> YOUR OBJECTIVE: For each line below that holds the word "Category", make a copy.

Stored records
#####
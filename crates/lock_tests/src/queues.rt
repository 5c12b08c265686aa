//! A client over a queue that is pumped, limited and flushed while threads send: what came, what reports told and what was
//! still to be told is what was sent.
use crate::workshop::{
    Held, Lock, Notebook, add_report, capture_event, capture_log, options, what_came,
};
use sentry_base::clock::Clock;
use sentry_base::protocol::{Category, Losses, Reason, Refusal};
use sentry_lock::{Client, CoreLock, SharedCore, Waiting};
use sentry_transport::QueueTransport;
use std::alloc::{AllocError, Global};
use std::num::NonZeroUsize;
use std::sync::atomic::{AtomicBool, Ordering};
use std::sync::{Arc, Wait};
use std::test::Fail;
use std::thread::{Threads, join, yield_now};

/// How often a queue is pumped at most.
const PUMPS: u64 = 10_000_000;

/// Tells the moments from 0 to 9, again and again.
#[derive(Drop)]
struct Cycle(u64);

impl Clock for Cycle {
    fn now(&mut self) -> u64 {
        let now = self.0;
        self.0 = if now < 9 { now + 1 } else { 0 };
        now
    }
}

type Queue<R> = QueueTransport<R, Arc<Notebook<R>>, Cycle>;

fn shared<R: Wait + Drop>(alloc: Global, queue: Queue<R>) -> Result<Arc<Queue<R>>, AllocError> {
    Ok(Arc::new(alloc, queue)?)
}

/// A client on a new core, and its queue, which has room for two envelopes.
fn over_queue<R: Wait + Drop + Copy>(
    rt: R,
    alloc: Global,
) -> Result<(Held<Lock<Queue<R>, R>>, Arc<Queue<R>>), Refusal> {
    let core: SharedCore<Lock<Queue<R>, R>> = SharedCore::new(Waiting(rt), alloc, 1)?;
    let mut setup = core.client_setup(options(alloc, false)?.max_batch_items(3))?;
    let label = setup.label();
    let Some(mut made) = setup.transport_options()? else {
        return Err(Refusal::Stale);
    };
    made.transport_channel_capacity = NonZeroUsize::new(2);
    let notebook = Notebook::new(rt, alloc, true)?;
    let queue = shared(
        alloc,
        QueueTransport::new(rt, alloc, made, notebook, Cycle(0))?,
    )?;
    let client = Client::with_options(setup, Some(queue.clone()?), 0)?;
    let held = Held {
        client,
        label,
        recorder: None,
    };
    Ok((held, queue))
}

/// Captures an event and a log of each number from the first one to the end, and flushes now and then.
fn send<L: CoreLock>(client: &Client<L>, first: u64, end: u64) -> Result<(), Refusal> {
    for number in first..end {
        capture_event(client, number)?;
        capture_log(client)?;
        if number % 16 == 0 {
            client.flush(Some(1))?;
        }
    }
    Ok(())
}

/// Sends in two threads, and notes when both are done.
fn send_in_two_threads<R: Threads + Sync, L: CoreLock + Send + Sync + 'static>(
    rt: &R,
    client: &Client<L>,
    is_over: &AtomicBool,
) -> Result<(), Refusal>
where
    L::Processor: Send + Sync + 'static,
    L::Callbacks: Send + Sync + 'static,
    L::Transport: Send + Sync + 'static,
{
    let (first, second) = join(rt, || send(client, 11, 111), || send(client, 111, 211));
    is_over.store(true, Ordering::SeqCst);
    first?;
    second
}

/// Pumps until all is sent, and limits events meanwhile at ever more of the moments from 0 to 5.
fn pump_and_limit<R: Wait + Drop>(queue: &Queue<R>, is_over: &AtomicBool) {
    for turn in 0..PUMPS {
        if is_over.load(Ordering::SeqCst) {
            return;
        }
        queue.limit(Some(Category::Error), turn % 7);
        if !queue.pump() {
            yield_now();
        }
    }
}

/// What is still to be told after a flush.
fn flush_and_take<L: CoreLock>(held: &Held<L>) -> Result<Losses, Refusal> {
    held.client.flush(None)?;
    held.drain()?;
    let mut rest = Losses::none();
    if let Some(report) = held.take_report()? {
        add_report(&mut rest, &report);
    }
    Ok(rest)
}

/// How many events were limited, and for how many events and logs there was no room; none if anything else was lost.
fn lost(losses: &Losses) -> Option<(u64, u64, u64)> {
    let limited = losses.get(Category::Error, Reason::RatelimitBackoff);
    let turned_away = losses.get(Category::Error, Reason::QueueOverflow);
    let logs = losses.get(Category::LogItem, Reason::QueueOverflow);
    let mut all = Losses::of(Category::Error, Reason::RatelimitBackoff, limited);
    all.add(&Losses::of(Category::Error, Reason::QueueOverflow, turned_away));
    all.add(&Losses::of(Category::LogItem, Reason::QueueOverflow, logs));
    if all == *losses {
        Some((limited, turned_away, logs))
    } else {
        None
    }
}

#[test]
fn what_a_queue_loses_is_told(rt: HostRuntime) -> Result<(), Fail> {
    let alloc: Global = rt.alloc();
    let (held, queue) = over_queue(rt, alloc)?;
    queue.limit(Some(Category::Error), 1);
    // the first event is limited, and the queue is full after the third
    send(&held.client, 1, 11)?;
    let is_over = AtomicBool::new(false);
    let (sent, ()) = join(
        &rt,
        || send_in_two_threads(&rt, &held.client, &is_over),
        || pump_and_limit(&queue, &is_over),
    );
    sent?;
    let mut told = flush_and_take(&held)?;
    let notes = queue.inner().take(alloc);
    let reported = notes.told;
    told.add(&reported);
    let came = what_came(alloc, notes.asked.as_slice())?;
    let Some((limited, turned_away, logs)) = lost(&told) else {
        panic!(rt; "other losses")
    };
    assert!(rt; limited > 0 && turned_away > 0 && logs > 0);
    assert_eq!(rt; (came.events, queue.len()), (came.different, 0));
    let events = came.events.wrapping_add(limited).wrapping_add(turned_away);
    assert_eq!(rt; (events, came.logs.wrapping_add(logs)), (210, 210));
    Ok(())
}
#####
> RESPONSE FOR THIS EXERCISE:
use sentry_base::protocol::{Category, Losses, Reason, Refusal};
        queue.limit(Some(Category::Error), turn % 7);
    let limited = losses.get(Category::Error, Reason::RatelimitBackoff);
    let turned_away = losses.get(Category::Error, Reason::QueueOverflow);
    let logs = losses.get(Category::LogItem, Reason::QueueOverflow);
    let mut all = Losses::of(Category::Error, Reason::RatelimitBackoff, limited);
    all.add(&Losses::of(Category::Error, Reason::QueueOverflow, turned_away));
    all.add(&Losses::of(Category::LogItem, Reason::QueueOverflow, logs));
    queue.limit(Some(Category::Error), 1);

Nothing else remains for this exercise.